Records contained in a dataset:

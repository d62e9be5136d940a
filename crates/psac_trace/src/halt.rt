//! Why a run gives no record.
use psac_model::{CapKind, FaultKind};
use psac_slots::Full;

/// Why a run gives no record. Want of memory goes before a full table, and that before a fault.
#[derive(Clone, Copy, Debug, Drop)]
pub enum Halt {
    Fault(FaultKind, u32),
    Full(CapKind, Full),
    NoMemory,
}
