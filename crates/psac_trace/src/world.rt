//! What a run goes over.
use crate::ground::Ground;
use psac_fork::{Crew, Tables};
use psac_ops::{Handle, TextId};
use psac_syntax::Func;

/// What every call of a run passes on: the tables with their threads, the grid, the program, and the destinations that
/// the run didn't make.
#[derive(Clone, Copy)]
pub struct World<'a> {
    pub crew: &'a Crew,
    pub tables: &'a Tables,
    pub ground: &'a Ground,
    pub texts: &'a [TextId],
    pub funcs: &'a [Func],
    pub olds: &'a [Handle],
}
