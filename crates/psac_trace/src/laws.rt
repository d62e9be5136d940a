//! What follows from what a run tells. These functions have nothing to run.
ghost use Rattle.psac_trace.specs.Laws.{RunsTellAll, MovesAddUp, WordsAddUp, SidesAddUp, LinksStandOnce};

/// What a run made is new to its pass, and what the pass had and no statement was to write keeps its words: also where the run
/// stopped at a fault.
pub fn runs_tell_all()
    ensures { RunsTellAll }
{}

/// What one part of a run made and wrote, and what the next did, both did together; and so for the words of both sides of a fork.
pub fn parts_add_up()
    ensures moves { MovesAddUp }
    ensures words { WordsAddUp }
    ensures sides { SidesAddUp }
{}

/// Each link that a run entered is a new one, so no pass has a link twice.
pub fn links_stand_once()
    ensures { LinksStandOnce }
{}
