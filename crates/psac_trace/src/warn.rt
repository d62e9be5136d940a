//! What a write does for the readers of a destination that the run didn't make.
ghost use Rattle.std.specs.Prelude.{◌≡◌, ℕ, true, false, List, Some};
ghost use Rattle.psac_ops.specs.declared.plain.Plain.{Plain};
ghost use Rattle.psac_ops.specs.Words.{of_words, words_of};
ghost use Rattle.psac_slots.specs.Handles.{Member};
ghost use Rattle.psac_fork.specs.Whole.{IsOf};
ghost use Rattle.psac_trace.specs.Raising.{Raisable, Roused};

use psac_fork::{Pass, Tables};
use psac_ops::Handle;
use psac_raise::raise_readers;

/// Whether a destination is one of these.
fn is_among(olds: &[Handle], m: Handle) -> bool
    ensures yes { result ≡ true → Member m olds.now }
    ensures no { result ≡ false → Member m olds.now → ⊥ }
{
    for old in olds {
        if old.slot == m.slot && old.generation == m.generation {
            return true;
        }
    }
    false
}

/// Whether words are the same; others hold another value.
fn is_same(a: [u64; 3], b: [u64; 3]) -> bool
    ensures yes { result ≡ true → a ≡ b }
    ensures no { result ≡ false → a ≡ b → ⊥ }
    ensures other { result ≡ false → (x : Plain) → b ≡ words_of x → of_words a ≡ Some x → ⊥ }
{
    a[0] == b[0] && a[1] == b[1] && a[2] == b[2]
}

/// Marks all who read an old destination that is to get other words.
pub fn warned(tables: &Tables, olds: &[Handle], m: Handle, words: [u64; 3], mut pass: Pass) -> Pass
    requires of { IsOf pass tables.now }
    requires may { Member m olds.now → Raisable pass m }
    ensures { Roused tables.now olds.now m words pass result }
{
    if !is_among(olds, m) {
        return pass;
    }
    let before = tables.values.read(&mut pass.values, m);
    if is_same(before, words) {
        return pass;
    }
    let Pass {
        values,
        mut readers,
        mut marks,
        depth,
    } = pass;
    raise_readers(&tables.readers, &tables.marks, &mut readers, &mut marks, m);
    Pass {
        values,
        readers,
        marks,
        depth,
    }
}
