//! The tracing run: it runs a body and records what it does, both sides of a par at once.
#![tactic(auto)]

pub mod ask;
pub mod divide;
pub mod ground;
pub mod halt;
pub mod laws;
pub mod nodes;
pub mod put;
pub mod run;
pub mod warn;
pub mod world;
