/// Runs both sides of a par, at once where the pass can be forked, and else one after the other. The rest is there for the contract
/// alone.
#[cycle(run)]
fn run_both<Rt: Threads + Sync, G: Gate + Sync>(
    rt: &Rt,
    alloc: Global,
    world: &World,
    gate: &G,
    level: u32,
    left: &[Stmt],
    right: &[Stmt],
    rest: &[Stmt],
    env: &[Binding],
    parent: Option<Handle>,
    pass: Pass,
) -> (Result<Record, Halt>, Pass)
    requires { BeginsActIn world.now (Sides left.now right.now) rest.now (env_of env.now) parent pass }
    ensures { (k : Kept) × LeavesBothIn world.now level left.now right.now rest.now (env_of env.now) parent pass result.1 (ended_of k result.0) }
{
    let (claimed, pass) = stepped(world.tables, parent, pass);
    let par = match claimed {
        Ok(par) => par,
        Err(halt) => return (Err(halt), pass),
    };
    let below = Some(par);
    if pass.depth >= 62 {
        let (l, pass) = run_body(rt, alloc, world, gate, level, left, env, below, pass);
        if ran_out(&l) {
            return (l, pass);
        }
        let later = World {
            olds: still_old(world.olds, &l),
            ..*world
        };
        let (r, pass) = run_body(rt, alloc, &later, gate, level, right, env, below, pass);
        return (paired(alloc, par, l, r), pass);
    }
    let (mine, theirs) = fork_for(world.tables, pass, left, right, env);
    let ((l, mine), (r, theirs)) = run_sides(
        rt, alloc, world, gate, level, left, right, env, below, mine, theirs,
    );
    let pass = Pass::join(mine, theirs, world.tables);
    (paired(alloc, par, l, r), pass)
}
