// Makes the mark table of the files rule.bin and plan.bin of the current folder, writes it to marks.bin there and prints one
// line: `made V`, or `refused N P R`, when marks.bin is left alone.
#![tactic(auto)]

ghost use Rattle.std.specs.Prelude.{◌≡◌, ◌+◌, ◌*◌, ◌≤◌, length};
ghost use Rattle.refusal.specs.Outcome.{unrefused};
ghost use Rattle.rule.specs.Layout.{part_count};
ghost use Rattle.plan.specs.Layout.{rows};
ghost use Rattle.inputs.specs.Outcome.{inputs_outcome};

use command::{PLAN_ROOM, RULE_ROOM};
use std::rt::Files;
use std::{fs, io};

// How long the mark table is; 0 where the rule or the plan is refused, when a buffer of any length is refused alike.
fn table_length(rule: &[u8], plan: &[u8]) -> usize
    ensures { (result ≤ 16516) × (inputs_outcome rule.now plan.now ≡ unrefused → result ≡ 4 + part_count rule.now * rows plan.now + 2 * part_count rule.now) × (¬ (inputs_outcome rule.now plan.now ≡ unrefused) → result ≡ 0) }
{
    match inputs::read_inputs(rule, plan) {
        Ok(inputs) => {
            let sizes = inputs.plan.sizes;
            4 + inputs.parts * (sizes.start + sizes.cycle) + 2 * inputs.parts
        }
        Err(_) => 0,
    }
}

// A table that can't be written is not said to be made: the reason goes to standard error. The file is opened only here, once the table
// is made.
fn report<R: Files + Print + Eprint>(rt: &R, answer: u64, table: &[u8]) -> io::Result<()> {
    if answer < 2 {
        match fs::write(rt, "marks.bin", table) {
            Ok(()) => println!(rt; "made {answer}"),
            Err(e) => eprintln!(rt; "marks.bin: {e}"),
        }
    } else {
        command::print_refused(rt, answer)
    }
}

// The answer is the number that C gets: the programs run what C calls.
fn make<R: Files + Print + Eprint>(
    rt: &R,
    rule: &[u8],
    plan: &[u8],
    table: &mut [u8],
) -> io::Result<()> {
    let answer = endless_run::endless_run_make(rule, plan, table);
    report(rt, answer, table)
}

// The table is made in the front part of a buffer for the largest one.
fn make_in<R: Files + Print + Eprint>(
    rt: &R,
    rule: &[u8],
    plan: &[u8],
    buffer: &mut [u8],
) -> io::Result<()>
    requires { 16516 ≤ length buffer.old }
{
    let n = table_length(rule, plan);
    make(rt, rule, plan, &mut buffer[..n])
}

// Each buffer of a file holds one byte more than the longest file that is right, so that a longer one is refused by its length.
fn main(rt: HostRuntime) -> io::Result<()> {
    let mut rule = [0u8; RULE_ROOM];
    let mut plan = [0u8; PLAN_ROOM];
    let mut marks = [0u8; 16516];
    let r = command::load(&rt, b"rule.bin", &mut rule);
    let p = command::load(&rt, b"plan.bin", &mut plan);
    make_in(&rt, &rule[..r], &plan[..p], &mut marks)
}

WHAT YOU NEED TO DO: Reproduce exactly every line that sits between the start of the entries and the line bearing "nothing to run.", counting both of those lines.

EXERCISE ANSWER:
repository d62e9be5136d940a
filename crates/psac_trace/src/halt.rt
//! Why a run gives no record.
use psac_model::{CapKind, FaultKind};
use psac_slots::Full;

/// Why a run gives no record. Want of memory goes before a full table, and that before a fault.
#[derive(Clone, Copy, Debug, Drop)]
pub enum Halt {
    Fault(FaultKind, u32),
    Full(CapKind, Full),
    NoMemory,
}
filename crates/psac_trace/src/world.rt
//! What a run goes over.
use crate::ground::Ground;
use psac_fork::{Crew, Tables};
use psac_ops::{Handle, TextId};
use psac_syntax::Func;

/// What every call of a run passes on: the tables with their threads, the grid, the program, and the destinations that
/// the run didn't make.
#[derive(Clone, Copy)]
pub struct World<'a> {
    pub crew: &'a Crew,
    pub tables: &'a Tables,
    pub ground: &'a Ground,
    pub texts: &'a [TextId],
    pub funcs: &'a [Func],
    pub olds: &'a [Handle],
}
filename crates/psac_trace/src/laws.rt
repository d62e9be5136d940a
//! What follows from what a run tells. These functions have nothing to run.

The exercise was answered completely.